[Saved data entries]

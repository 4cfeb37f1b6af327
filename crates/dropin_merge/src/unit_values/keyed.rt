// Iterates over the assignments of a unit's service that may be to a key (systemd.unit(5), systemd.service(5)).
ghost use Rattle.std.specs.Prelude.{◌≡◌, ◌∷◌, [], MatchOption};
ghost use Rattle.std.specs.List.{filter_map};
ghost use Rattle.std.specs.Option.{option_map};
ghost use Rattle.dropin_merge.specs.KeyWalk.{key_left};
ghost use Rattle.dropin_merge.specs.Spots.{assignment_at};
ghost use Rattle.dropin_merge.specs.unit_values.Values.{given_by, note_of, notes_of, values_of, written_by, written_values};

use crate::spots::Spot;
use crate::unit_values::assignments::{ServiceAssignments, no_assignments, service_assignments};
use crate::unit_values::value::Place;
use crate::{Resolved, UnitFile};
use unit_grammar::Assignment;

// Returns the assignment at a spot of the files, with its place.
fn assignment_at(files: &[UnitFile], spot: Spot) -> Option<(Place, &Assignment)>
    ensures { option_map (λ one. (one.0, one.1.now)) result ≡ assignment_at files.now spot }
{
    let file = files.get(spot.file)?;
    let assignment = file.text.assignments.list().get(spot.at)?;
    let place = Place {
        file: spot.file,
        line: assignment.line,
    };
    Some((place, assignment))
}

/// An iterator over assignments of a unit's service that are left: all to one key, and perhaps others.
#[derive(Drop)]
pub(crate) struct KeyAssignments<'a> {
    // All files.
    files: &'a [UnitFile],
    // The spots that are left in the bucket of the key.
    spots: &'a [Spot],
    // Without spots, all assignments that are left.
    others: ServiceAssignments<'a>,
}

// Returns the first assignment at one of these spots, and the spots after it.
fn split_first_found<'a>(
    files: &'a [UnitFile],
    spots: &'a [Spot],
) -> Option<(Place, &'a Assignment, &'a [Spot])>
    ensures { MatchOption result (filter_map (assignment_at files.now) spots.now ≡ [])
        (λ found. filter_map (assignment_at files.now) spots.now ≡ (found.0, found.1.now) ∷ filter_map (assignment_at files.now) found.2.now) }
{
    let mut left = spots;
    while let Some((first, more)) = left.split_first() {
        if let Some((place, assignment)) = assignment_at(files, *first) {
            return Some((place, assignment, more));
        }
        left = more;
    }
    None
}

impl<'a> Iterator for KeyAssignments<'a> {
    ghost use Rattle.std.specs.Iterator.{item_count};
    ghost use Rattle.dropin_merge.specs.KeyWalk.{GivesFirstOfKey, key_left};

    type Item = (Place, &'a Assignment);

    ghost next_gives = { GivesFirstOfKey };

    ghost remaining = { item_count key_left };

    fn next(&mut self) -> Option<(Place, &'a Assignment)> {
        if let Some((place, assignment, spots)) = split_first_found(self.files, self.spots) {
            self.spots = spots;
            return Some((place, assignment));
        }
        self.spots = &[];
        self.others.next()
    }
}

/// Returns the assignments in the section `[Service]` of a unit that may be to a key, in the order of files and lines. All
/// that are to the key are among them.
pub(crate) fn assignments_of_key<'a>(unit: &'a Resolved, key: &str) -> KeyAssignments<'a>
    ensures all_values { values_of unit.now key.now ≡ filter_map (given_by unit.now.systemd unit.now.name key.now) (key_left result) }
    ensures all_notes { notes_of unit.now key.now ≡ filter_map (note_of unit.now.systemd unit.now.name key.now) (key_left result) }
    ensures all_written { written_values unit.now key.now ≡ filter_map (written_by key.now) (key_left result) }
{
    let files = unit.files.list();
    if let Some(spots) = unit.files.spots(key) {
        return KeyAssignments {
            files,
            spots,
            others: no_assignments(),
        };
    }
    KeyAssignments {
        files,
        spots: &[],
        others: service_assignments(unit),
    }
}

**What you are asked to do:** The response has to match the data exactly, line for line.

**Solved problem:**
repository 4cfeb37f1b6af327
filename crates/dropin_merge/src/unit_values/keyed.rt
// Iterates over the assignments of a unit's service that may be to a key (systemd.unit(5), systemd.service(5)).
ghost use Rattle.std.specs.Prelude.{◌≡◌, ◌∷◌, [], MatchOption};
ghost use Rattle.std.specs.List.{filter_map};
ghost use Rattle.std.specs.Option.{option_map};
ghost use Rattle.dropin_merge.specs.KeyWalk.{key_left};
ghost use Rattle.dropin_merge.specs.Spots.{assignment_at};
ghost use Rattle.dropin_merge.specs.unit_values.Values.{given_by, note_of, notes_of, values_of, written_by, written_values};

use crate::spots::Spot;
use crate::unit_values::assignments::{ServiceAssignments, no_assignments, service_assignments};
use crate::unit_values::value::Place;
use crate::{Resolved, UnitFile};
use unit_grammar::Assignment;

// Returns the assignment at a spot of the files, with its place.
fn assignment_at(files: &[UnitFile], spot: Spot) -> Option<(Place, &Assignment)>
    ensures { option_map (λ one. (one.0, one.1.now)) result ≡ assignment_at files.now spot }
{
    let file = files.get(spot.file)?;
    let assignment = file.text.assignments.list().get(spot.at)?;
    let place = Place {
        file: spot.file,
        line: assignment.line,
    };
    Some((place, assignment))
}

/// An iterator over assignments of a unit's service that are left: all to one key, and perhaps others.
#[derive(Drop)]
pub(crate) struct KeyAssignments<'a> {
    // All files.
    files: &'a [UnitFile],
    // The spots that are left in the bucket of the key.
    spots: &'a [Spot],
    // Without spots, all assignments that are left.
    others: ServiceAssignments<'a>,
}

// Returns the first assignment at one of these spots, and the spots after it.
fn split_first_found<'a>(
    files: &'a [UnitFile],
    spots: &'a [Spot],
) -> Option<(Place, &'a Assignment, &'a [Spot])>
    ensures { MatchOption result (filter_map (assignment_at files.now) spots.now ≡ [])
        (λ found. filter_map (assignment_at files.now) spots.now ≡ (found.0, found.1.now) ∷ filter_map (assignment_at files.now) found.2.now) }
{
    let mut left = spots;
    while let Some((first, more)) = left.split_first() {
        if let Some((place, assignment)) = assignment_at(files, *first) {
            return Some((place, assignment, more));
        }
        left = more;
    }
    None
}

impl<'a> Iterator for KeyAssignments<'a> {
    ghost use Rattle.std.specs.Iterator.{item_count};
    ghost use Rattle.dropin_merge.specs.KeyWalk.{GivesFirstOfKey, key_left};

    type Item = (Place, &'a Assignment);

    ghost next_gives = { GivesFirstOfKey };

    ghost remaining = { item_count key_left };

    fn next(&mut self) -> Option<(Place, &'a Assignment)> {
        if let Some((place, assignment, spots)) = split_first_found(self.files, self.spots) {
            self.spots = spots;
            return Some((place, assignment));
        }
        self.spots = &[];
        self.others.next()
    }
}

/// Returns the assignments in the section `[Service]` of a unit that may be to a key, in the order of files and lines. All
/// that are to the key are among them.
pub(crate) fn assignments_of_key<'a>(unit: &'a Resolved, key: &str) -> KeyAssignments<'a>
    ensures all_values { values_of unit.now key.now ≡ filter_map (given_by unit.now.systemd unit.now.name key.now) (key_left result) }
    ensures all_notes { notes_of unit.now key.now ≡ filter_map (note_of unit.now.systemd unit.now.name key.now) (key_left result) }
    ensures all_written { written_values unit.now key.now ≡ filter_map (written_by key.now) (key_left result) }
{
    let files = unit.files.list();
    if let Some(spots) = unit.files.spots(key) {
        return KeyAssignments {
            files,
            spots,
            others: no_assignments(),
        };
    }
    KeyAssignments {
        files,
        spots: &[],
        others: service_assignments(unit),
    }
}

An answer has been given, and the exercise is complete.